# Catering Insurance



## acohiba13 (Jun 21, 2006)

Hi,
I am new to Chef Talk. I am trying to start up my own catering business and have found a kitchen that I can rent out. The owner of the kitchen requires that I have catering insurance. He states that he just requires liability. I have never heard of catering insurance and have tried searching everywhere for this type of insurance. I am in the state of Texas. Does anyone know where I could obtain this type of insurance, and if so any ideas on rates. Thanks in advance!


----------



## panini (Jul 28, 2001)

13,
I see your in Dallas, give Republic, over on Turtle Creek a call.


----------



## foodnfoto (Jan 1, 2001)

General business liability insurance is what you need. I bought my policy through the Hartford at:
Armfield, Harrison & Thomas, Inc. 
20 S. King Street
Leesburg, VA 20175
703-737-2249 Direct

I have coverage for $1m/incident and $2m aggregate and pay roughly $1200/year.
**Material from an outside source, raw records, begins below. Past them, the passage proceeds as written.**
impl Picture {
    /// Returns a picture that is 0 everywhere.
    pub fn new(alloc: Global, width: u32, height: u32) -> Result<Picture, AllocError>
        requires some_columns { 1 ≤ width }
        requires columns { width ≤ longest_side }
        requires some_rows { 1 ≤ height }
        requires rows { height ≤ longest_side }
        ensures { IfOk result (λ p. p ≡ record { width = width; height = height; colours = blank width height }) }
    {
        let frame = Framebuffer::new(alloc, width, height)?;
        Ok(Picture {
            alloc,
            frame,
            shares: false,
            is_ahead: false,
            has_more: false,
            encoded: Vec::new(alloc),
            growing: None,
            kinds: Kinds::new(alloc),
            unused: 0,
        })
    }

    /// Sets whether the rectangles of viewers that are alike are encoded once. At first they aren't.
    pub fn share(&mut self, shares: bool)
        ensures { self.new ≡ self.old }
    {
        self.shares = shares;
        self.rest();
    }

    /// Tells whether they are.
    pub fn shares(&self) -> bool {
        self.shares
    }

    /// Returns how many columns the picture has.
    pub fn width(&self) -> u32
        ensures value { result ≡ self.now.width }
        ensures picture { IsPicture self.now }
    {
        self.frame.width()
    }

    /// Returns how many rows the picture has.
    pub fn height(&self) -> u32
        ensures value { result ≡ self.now.height }
        ensures picture { IsPicture self.now }
    {
        self.frame.height()
    }

    /// Returns the colour of the place in column `x` of row `y`, or None off the picture.
    pub fn colour(&self, x: u32, y: u32) -> Option<u32>
        ensures inside { IsSome result ↔ ((x < self.now.width) × (y < self.now.height)) }
        ensures colour { IfSome result (λ c. c ≡ slice_index self.now.colours (y * self.now.width + x)) }
    {
        self.frame.colour(x, y)
    }

    /// Returns the colours of row `y` from the left, of which none is copied, or None off the picture.
    pub fn row(&self, y: u32) -> Option<&[u32]>
        ensures inside { IsSome result ↔ (y < self.now.height) }
        ensures colours { IfSome result (λ row. row.now ≡ take self.now.width (drop (y * self.now.width) self.now.colours)) }
    {
        self.frame.row(y)
    }

    /// Writes a block, as `Framebuffer::write`, and drops what was encoded.
    pub fn write(&mut self, block: Block, colours: &[u32]) -> Result<(), AllocError>
        requires wide { block.left + block.columns ≤ self.old.width }
        requires high { block.top + block.rows ≤ self.old.height }
        requires whole { length colours.now ≡ block.rows * block.columns }
        ensures ok { OnOk result (self.new ≡
            record self.old { colours = written self.old.width self.old.height (block_rect block) colours.now self.old.colours }) }
        ensures err { OnErr result (self.new ≡ self.old) }
    {
        let_go(&mut self.encoded, &mut self.growing, &mut self.kinds);
        self.frame.write(block, colours)
    }

    /// Moves colours, as `Framebuffer::move_colours`, and drops what was encoded.
    pub fn move_colours(&mut self, pieces: &[Rect], offset: (i32, i32)) -> Result<(), AllocError>
        requires inside { All (IsOnScreen self.old.width self.old.height) pieces.now }
        requires sources { All (λ r. IsOnScreen self.old.width self.old.height (source_rect offset r)) pieces.now }
        ensures ok { OnOk result (self.new ≡ record self.old {
          colours = moved_colours self.old.width self.old.height (covers pieces.now) offset self.old.colours;
        }) }
        ensures err { OnErr result (self.new ≡ self.old) }
    {
        let_go(&mut self.encoded, &mut self.growing, &mut self.kinds);
        self.frame.move_colours(pieces, offset)
    }

    /// Drops what was encoded: nobody is there to want it.
    pub fn rest(&mut self)
        ensures { self.new ≡ self.old }
    {
        self.growing = None;
        let_go(&mut self.encoded, &mut self.growing, &mut self.kinds);
    }

    /// Tells whether some update is likely to be wanted by several viewers, so that one may wait for what is encoded for all.
    #[inline(always)]
    pub fn is_expecting(&self) -> bool {
        self.shares && self.kinds.is_expecting()
    }

    /// Looks ahead: the places that are asked for next are for no viewer. Where several are likely to want them, a piece of what they
    /// want is encoded, and nothing is given.
    pub fn look_ahead(&mut self)
        ensures { self.new ≡ self.old }
    {
        self.is_ahead = true;
        self.has_more = false;
    }

    /// Ends looking ahead: places are for viewers again. Where more is left to be encoded, returns how often what was encoded, or begun,
    /// was dropped so far.
    pub fn more_ahead(&mut self) -> Option<u64>
        ensures { self.new ≡ self.old }
    {
        self.is_ahead = false;
        if self.has_more {
            Some(self.kinds.losses())
        } else {
            None
        }
    }

    /// Encodes a piece of what several viewers are likely to want, where these rectangles are that, or are likely to be wanted so. Tells
    /// whether more is left to be encoded.
    #[inline(never)]
    fn encode_ahead(&mut self, encoding: Encoding, format: &Translation, rects: &[Rect]) -> bool
        requires inside { All (IsOnScreen self.old.width self.old.height) rects.now }
        requires few { length rects.now < 2 ^ 16 }
        ensures { self.new ≡ self.old }
    {
        let pixels = format.table().format();
        if !self.is_growing(encoding, &pixels, rects)
            && !self.are_wanted(encoding, &pixels, rects)
        {
            return false;
        }
        if self.growing.is_none() && self.begin(encoding, format, rects).is_err() {
            self.kinds.give_up();
            return false;
        }
        match self.grow() {
            Ok(has_more) => has_more,
            Err(_) => {
                self.kinds.give_up();
                false
            }
        }
    }

    /// Tells whether these rectangles are being encoded.
    fn is_growing(&self, encoding: Encoding, format: &PixelFormat, rects: &[Rect]) -> bool {
        match &self.growing {
            Some(growing) => growing.wanted.is(encoding, format, rects),
            None => false,
        }
    }

    /// Tells whether rectangles are to be encoded once for several viewers, and are not yet.
    fn are_wanted(&self, encoding: Encoding, format: &PixelFormat, rects: &[Rect]) -> bool {
        self.encoded.len() < MOST_ENCODED
            && are_worth_it(encoding, format, rects)
            && self.kinds.are_likely(encoding, format, rects)
            && self.find(encoding, format, rects).is_none()
    }

    /// Begins to encode rectangles, piece by piece.
    fn begin(
        &mut self,
        encoding: Encoding,
        format: &Translation,
        rects: &[Rect],
    ) -> Result<(), AllocError>
        requires inside { All (IsOnScreen self.old.width self.old.height) rects.now }
        requires few { length rects.now < 2 ^ 16 }
        ensures { self.new ≡ self.old }
    {
        let wanted = Wanted::new(self.alloc, encoding, format.table().format(), rects)?;
        let format = format.share()?;
        let remaining = pixels_to_encode(self.alloc, &mut self.frame, encoding, format, rects)?;
        self.growing = Some(Growing {
            wanted,
            bytes: Vec::new(self.alloc),
            remaining,
        });
        Ok(())
    }

    /// Returns how many bytes may be kept: those of the picture in Raw of 32 bits, and 64 KB.
    fn most(&self) -> usize {
        let places = self.frame.width().saturating_mul(self.frame.height());
        (places as usize).saturating_mul(4).saturating_add(65_536)
    }

    /// Goes on with what is being encoded, by a piece, and keeps it once all is encoded. Tells whether more is left. Where memory is
    /// refused, or more would be kept than may be, it is dropped.
    fn grow(&mut self) -> Result<bool, AllocError>
        ensures { self.new ≡ self.old }
    {
        let Some(mut growing) = self.growing.take() else {
            return Ok(false);
        };
        growing.grow()?;
        if size_of(&self.encoded).saturating_add(growing.bytes.len()) > self.most() {
            self.kinds.give_up();
            return Ok(false);
        }
        if !growing.remaining.is_ended() {
            self.growing = Some(growing);
            return Ok(true);
        }
        self.keep(growing)?;
        Ok(false)
    }

    /// Keeps what is encoded.
    fn keep(&mut self, growing: Growing) -> Result<(), AllocError>
        requires grows { GrowsTo self.old growing }
        requires ended { growing.remaining ≡ [] }
        ensures { self.new ≡ self.old }
    {
        let encoded = growing.into_encoded(self.alloc)?;
        self.encoded.push(encoded)?;
        self.unused = 0;
        Ok(())
    }

    /// Returns the bytes of rectangles that were encoded since the picture changed.
    fn find(&self, encoding: Encoding, format: &PixelFormat, rects: &[Rect]) -> Option<Arc<Vec<u8>>>
        ensures { IfSome result (λ bytes. (arc_value bytes).items ≡ pixels_of self.now encoding format.now rects.now) }
    {
        for encoded in &self.encoded {
            if encoded.wanted.is(encoding, format, rects) {
                return match Arc::try_clone(&encoded.bytes) {
                    Ok(bytes) => Some(bytes),
                    Err(_) => None,
                };
            }
        }
        None
    }

    /// Counts an update that is cut, and returns the bytes of its rectangles, if they are encoded already. Drops what nobody wants.
    fn shared(
        &mut self,
        encoding: Encoding,
        format: &Translation,
        rects: &[Rect],
    ) -> Option<Arc<Vec<u8>>>
        ensures same { self.new ≡ self.old }
        ensures bytes { IfSome result (λ bytes. (arc_value bytes).items ≡ pixels_of self.old encoding format.now rects.now) }
    {
        let pixels = format.table().format();
        if !are_worth_it(encoding, &pixels, rects) {
            return None;
        }
        self.kinds.count(encoding, &pixels, rects);
        let found = self.find(encoding, &pixels, rects);
        self.unused = if found.is_some() {
            0
        } else {
            self.unused.saturating_add(1)
        };
        if self.unused >= UNUSED {
            self.unused = 0;
            self.rest();
            self.kinds.give_up();
        }
        found
    }

    /// Takes the rectangles of a cut out of the picture, for a viewer's encoding and format: with bytes that were encoded for several
    /// viewers, or with colours that are encoded for this one. `AllocError` where memory is refused, and while the picture looks ahead.
    pub fn places_of(
        &mut self,
        encoding: Encoding,
        format: &Translation,
        cut: &Cut,
    ) -> Result<Part, AllocError>
        requires width { self.old.width ≤ longest_side }
        requires height { self.old.height ≤ longest_side }
        requires inside { IsInside self.old.width self.old.height cut.now }
        requires sources { HasSourcesInside self.old.width self.old.height cut.now }
        requires count { length cut.now.copies + length cut.now.pixels < 2 ^ 16 }
        ensures same { self.new ≡ self.old }
        ensures bytes { IfOk result (λ part. part_bytes part ≡
            bytes_of self.old.width self.old.height self.old.colours encoding format.now cut.now.copies cut.now.offset
            cut.now.pixels) }
        ensures some { IfOk result (λ part. IsSomething part) }
    {
        if self.is_ahead {
            self.has_more = self.encode_ahead(encoding, format, cut.pixels.as_slice());
            return Err(AllocError);
        }
        if self.shares {
            if let Some(pixels) = self.shared(encoding, format, cut.pixels.as_slice()) {
                return shared_places_of(self.alloc, cut, pixels);
            }
        }
        places_of(self.alloc, &mut self.frame, encoding, format.share()?, cut)
    }
}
Of course, what I do is very different than catering which entails significantly larger risk.

Get quotes from several different insurers and be very detailed in your application. The quotes I got for the same coverage varied greatly.


----------



## lentil (Sep 8, 2003)

I have roughly the same coverage and pay under $500/yr, plus my insurance covers my retail shop. Check with your company that handles your homeowners/car insurance.


----------